Say I have a list of dicts where dict['id']
is unique, and I want to access one specific dict.
This is how I would usually do that, more or less.
d_ = [d for d in list_of_dicts where d['id']=='the_id_i_want'][0]
Is there a better/cleaner/more pythonic way to do this?
(edit -- this is an API response, otherwise I'd just make it a dict in the first place)
CodePudding user response:
You can avoid looping over the entire list using a generator to take just the leading value:
d = next(
(d for d in list_of_dicts if d['id'] == 'the_id_i_want'),
None)
Here, if it is not found, d
will be set to None
.
CodePudding user response:
You can use next()
(Note: you can use default=
parameter to specify value to return when dict is not found):
list_of_dicts = [{"id": 3}, {"id": 4}, {"id": 1}]

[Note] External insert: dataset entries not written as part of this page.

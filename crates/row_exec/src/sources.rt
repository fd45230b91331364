// The destination and the source of a row with two operands, by its form.
ghost use Rattle.std.specs.Prelude.{◌≡◌, ◌^◌, ◌<◌};
ghost use Rattle.svm_model.specs.Instructions.Widths.{bits};
ghost use Rattle.svm_model.specs.Instructions.Sources.{is_reversed, has_immediate, source_operand, destination_value, source_value};

use register_file::{cut, operand_value, register_named};
use row_table::{destination, has_immediate, is_reversed};
use svm_model::{Operand, Registers, Row};

/// The operand that is the source, where it is no immediate.
fn source_operand(row: &Row) -> Operand
    ensures { result ≡ source_operand row.now }
{
    if is_reversed(row.form) {
        row.operand
    } else {
        register_named(row.register)
    }
}

/// The value of the operand that is changed, or of the first of those that are compared.
pub fn destination_value(row: &Row, registers: &Registers, values: &[u64; 8]) -> u64
    ensures value { result ≡ destination_value row.now registers.now values.now }
    ensures fits { result < 2 ^ bits row.now.width }
{
    operand_value(row.width, destination(row), registers, values)
}

pub fn source_value(row: &Row, registers: &Registers, values: &[u64; 8]) -> u64
    ensures value { result ≡ source_value row.now registers.now values.now }
    ensures fits { result < 2 ^ bits row.now.width }
{
    if has_immediate(row.form) {
        cut(row.width, row.immediate)
    } else {
        operand_value(row.width, source_operand(row), registers, values)
    }
}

d = next(d for d in list_of_dicts if d["id"] == 1)
print(d)
Prints:
{'id': 1}
CodePudding user response:
Just use an ordinary for
loop. Then you can stop the loop when you find the one you want. The list comprehension will keep looping unnecessarily.
d_ = None
for d in list_of_dicts:
if d['id'] == 'the_id_i_want':
d_ = d
break
CodePudding user response:
Create a dict
with indices of the unique id
, then use that to select the dict
you want
d = [{"id": 1, "val": 2}, {"id": 2, "val": 2}]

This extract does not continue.